The EPA found that several of the old production pits inherited by Encana were indeed contributing to groundwater contamination of the shallowest water wells, some of which are only about 100 feet deep. According to the EPA draft report released on Dec. 8, “high concentrations of benzene, xylenes, gasoline range organics, diesel range organics, and … hydrocarbons” were strong indications that the pits were causing part of the problem.

FEATURE_2The shallow groundwater con-tamination from the old production pits had been expected, but there were also problems with deeper water wells not associated with the pits. In several, the EPA “identified contaminants of concern,” including low levels of hydrocarbons and high levels of methane.

While the levels of hydrocarbons and other chemicals were found to be “generally below established health and safety standards,” they were high enough to draw another agency’s concern. The Toxic Substances and Disease Registry, part of the U.S. Department of Health and Human Services, reviewed the EPA data and reiterated the warnings about not drinking the well water or cooking with it and ensuring there was plenty of ventilation while showering.

The EPA determined that the presence of the chemicals in the water was being caused by “migration from areas of gas production” and suggested three ways that migration might be occurring. They included compromised wellbores or poor wellbore casing, frack fluid flowing into porous sandstone formations, and the creation of new fractures or enlargement of existing fractures in the strata during the fracking process, allowing gas and frack fluids to migrate upward. The draft report did not attempt to determine which of the three mechanisms was responsible for the well contamination.

The most serious findings by the EPA came from its own deep monitoring wells. The water from those wells contained high levels of methane, benzene concentrations 50 times above Safe Drinking Water Act standards, and an array of synthetic chemicals “like glycols and alcohols consistent with gas production and hydraulic fracking fluids.”

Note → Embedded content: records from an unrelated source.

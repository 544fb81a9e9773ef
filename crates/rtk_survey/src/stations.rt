//! The stations that were heard, each by its number.
//!
//! A station gets its entry with the first frame that names it.

ghost use Rattle.std.specs.Prelude.{◌≡◌, List, ◌∷◌, OnOk};
ghost use Rattle.rtk_message.specs.declared.any_message.AnyMessage.{AnyMessage};
ghost use Rattle.rtk_survey.specs.BesideGps.{cells_beside_gps};
ghost use Rattle.rtk_survey.specs.Contents.{AreStations, HasCodes};
ghost use Rattle.rtk_survey.specs.Tracing.{entries_of_message};
ghost use Rattle.rtk_survey.specs.declared.date_message.DateMessage.{DateMessage};
ghost use Rattle.rtk_survey.specs.declared.date_message.DateMessage.TheVariants.{Utc};
ghost use Rattle.rtk_survey.specs.declared.equipment_message.EquipmentMessage.{EquipmentMessage};

use crate::date_message::UtcDate;
use crate::equipment_message::EquipmentMessage;
use crate::signals::Codes;
use crate::station::StationSurvey;
use rtk_message::AnyMessage;
use rtk_obs::{CellEntry, SignalEntry};
use std::alloc::{AllocError, Global};
use std::collections::BTreeMap;

/// A message more, with its cells and their codes: those of GPS, and those of other systems.
pub(crate) fn take_message(
    alloc: Global,
    stations: &mut BTreeMap<u16, StationSurvey>,
    message: &AnyMessage,
    entries: &[CellEntry],
    codes: &Codes,
    signals: &[SignalEntry],
) -> Result<(), AllocError>
    requires entries { entries.now ≡ entries_of_message message.now }
    requires codes { HasCodes codes.now (entries_of_message message.now) }
    requires signals { signals.now ≡ cells_beside_gps message.now }
    ensures { OnOk result ((ms : List AnyMessage) (ds : List DateMessage) (es : List EquipmentMessage)
        → AreStations ms ds es stations.old → AreStations (message.now ∷ ms) ds es stations.new) }
{
    let station = stations
        .entry(message.station())?
        .or_insert_with(|| StationSurvey::new(alloc));
    station.take_message(message, entries, codes, signals)
}

/// A 1013 or a 1029 more.
pub(crate) fn take_date(
    alloc: Global,
    stations: &mut BTreeMap<u16, StationSurvey>,
    date: UtcDate,
) -> Result<(), AllocError>
    ensures { OnOk result ((ms : List AnyMessage) (ds : List DateMessage) (es : List EquipmentMessage)
        → AreStations ms ds es stations.old → AreStations ms (Utc date ∷ ds) es stations.new) }
{
    let station = stations
        .entry(date.station)?
        .or_insert_with(|| StationSurvey::new(alloc));
    station.take_date(date);
    Ok(())
}

/// A 1007, 1008 or 1033 more.
pub(crate) fn take_equipment(
    alloc: Global,
    stations: &mut BTreeMap<u16, StationSurvey>,
    message: EquipmentMessage,
) -> Result<(), AllocError>
    ensures { OnOk result ((ms : List AnyMessage) (ds : List DateMessage) (es : List EquipmentMessage)
        → AreStations ms ds es stations.old → AreStations ms ds (message ∷ es) stations.new) }
{
    let station = stations
        .entry(message.station)?
        .or_insert_with(|| StationSurvey::new(alloc));
    station.take_equipment(message)
}
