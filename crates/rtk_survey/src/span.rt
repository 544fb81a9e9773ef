//! The epochs of a station in a capture, before its date is known.

ghost use Rattle.std.specs.Prelude.{◌≡◌, Some, None, max, min, if◌then◌else◌};
ghost use Rattle.rtk_survey.specs.Epochs as spec;
ghost use Rattle.rtk_survey.specs.Epochs.{begun, is_followed, with_time, with_moment, last_time_of_week};

use crate::telling::dated_ms;
use rtk_obs::{GpsMs, WEEK_MS};

/// The week in which the first epoch of a capture is set before its date is known.
const UNDATED_WEEK: u64 = 1024;

/// The epochs of a station in a capture, each dated near the one before it, and the first as if it
/// were in week 1,024.
#[derive(Clone, Copy, Debug, PartialEq, Eq)]
pub struct Span {
    pub first: GpsMs,
    pub last: GpsMs,
    pub least: GpsMs,
    pub greatest: GpsMs,
    /// The greatest epoch but one; `None` if there is one epoch alone.
    pub next_greatest: Option<GpsMs>,
    /// Some epoch is before the one that came before it.
    pub falls: bool,
    /// Some epoch is more than a week from the first. Such epochs are left out.
    pub is_wide: bool,
}

fn lesser(a: GpsMs, b: GpsMs) -> GpsMs
    ensures { result ≡ min a b }
{
    if a.ms() <= b.ms() { a } else { b }
}

fn greater(a: GpsMs, b: GpsMs) -> GpsMs
    ensures { result ≡ max a b }
{
    if a.ms() <= b.ms() { b } else { a }
}

// The greatest of two moments, if there are two.
fn greater_if_any(known: Option<GpsMs>, moment: GpsMs) -> GpsMs
    ensures { result ≡ spec.greater_if_any known moment }
{
    match known {
        Some(known) => greater(known, moment),
        None => moment,
    }
}

// The greatest moment but one, after one more than these.
fn next_greatest(known: Option<GpsMs>, greatest: GpsMs, moment: GpsMs) -> Option<GpsMs>
    ensures { result ≡ spec.next_greatest known greatest moment }
{
    if greatest.ms() < moment.ms() {
        return Some(greatest);
    }
    if moment.ms() < greatest.ms() {
        return Some(greater_if_any(known, moment));
    }
    known
}

/// The moment, if it is at most a week from the first.
pub(crate) fn followed(first: GpsMs, ms: u64) -> Option<GpsMs>
    ensures { result ≡ (if is_followed first ms then Some ms else None) }
{
    let moment = GpsMs::new(ms)?;
    if ms <= first.ms() + WEEK_MS && first.ms() <= ms + WEEK_MS {
        Some(moment)
    } else {
        None
    }
}

impl Span {
    /// The first epoch of a capture, by its time of week (DF004, in ms).
    pub fn begun(tow: u32) -> Span
        ensures { result ≡ begun tow }
    {
        let Some(first) = GpsMs::new(UNDATED_WEEK * WEEK_MS + u64::from(tow)) else {
            unreachable!();
        };
        Span {
            first,
            last: first,
            least: first,
            greatest: first,
            next_greatest: None,
            falls: false,
            is_wide: false,
        }
    }

    /// An epoch more, at this moment.
    pub(crate) fn take_moment(&mut self, moment: GpsMs)
        ensures { self.new ≡ with_moment self.old moment }
    {
        self.least = lesser(self.least, moment);
        self.next_greatest = next_greatest(self.next_greatest, self.greatest, moment);
        self.greatest = greater(self.greatest, moment);
        self.falls = self.falls || moment.ms() < self.last.ms();
        self.last = moment;
    }

    /// An epoch more, by its time of week (DF004, in ms).
    pub fn take(&mut self, tow: u32)
        ensures { self.new ≡ with_time self.old tow }
    {
        match followed(self.first, dated_ms(self.last.ms(), tow)) {
            Some(moment) => self.take_moment(moment),
            None => self.is_wide = true,
        }
    }

    /// The time of week of the last epoch, in ms.
    pub fn last_time_of_week(&self) -> u32
        ensures { result ≡ last_time_of_week self.now }
    {
        (self.last.ms() % WEEK_MS) as u32
    }
}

The implications of the EPA findings could be vast for the gas industry and those who live near the gas fields. While drillers can rectify poorly constructed or compromised wellbores, if fracking can be proven to open up new fractures or widen existing ones, allowing gas and other chemicals to migrate upward and contaminate aquifers, public officials could decide to ban drilling altogether in some places. (Not of course, likely to happen in Texas, where the oil and gas industry wields such power.) In places like New York state, where gas companies want to drill near aquifers that supply New York and New Jersey with drinking water, public reaction against drilling is likely to be strong.

Recognizing the risks they face, the industry is fighting back. Editorials and guest columns on television and in newspapers and hundreds of industry web sites decried the study’s findings.

The Wall Street Journal, on Dec. 20, in an editorial titled “The EPA’s Fracking Scare,” pointed out alleged errors in the study and questioned the integrity of the EPA itself. “Nothing would shut down drilling faster, and destroy billions of dollars of investment, than media interviews with mothers afraid to let their kids brush their teeth with polluted water. So the EPA study needs to be carefully reviewed,” the editorial said. It went on to warn, “The agency is dominated by anti-carbon true believers, and the Obama administration has waged a campaign to raise the price and limit the production of fossil fuels.”

Encana essentially pooh-poohed the entire study. “The EPA found no domestic water wells that have any oil or gas impact,” Encana spokesman Doug Hock told Fort Worth Weekly. “They found traces of diesel range organics. And what was found on further investigation was that none of those diesel range organics were related to oil or gas. They also found methane. But there is a lot of methane near the surface there.”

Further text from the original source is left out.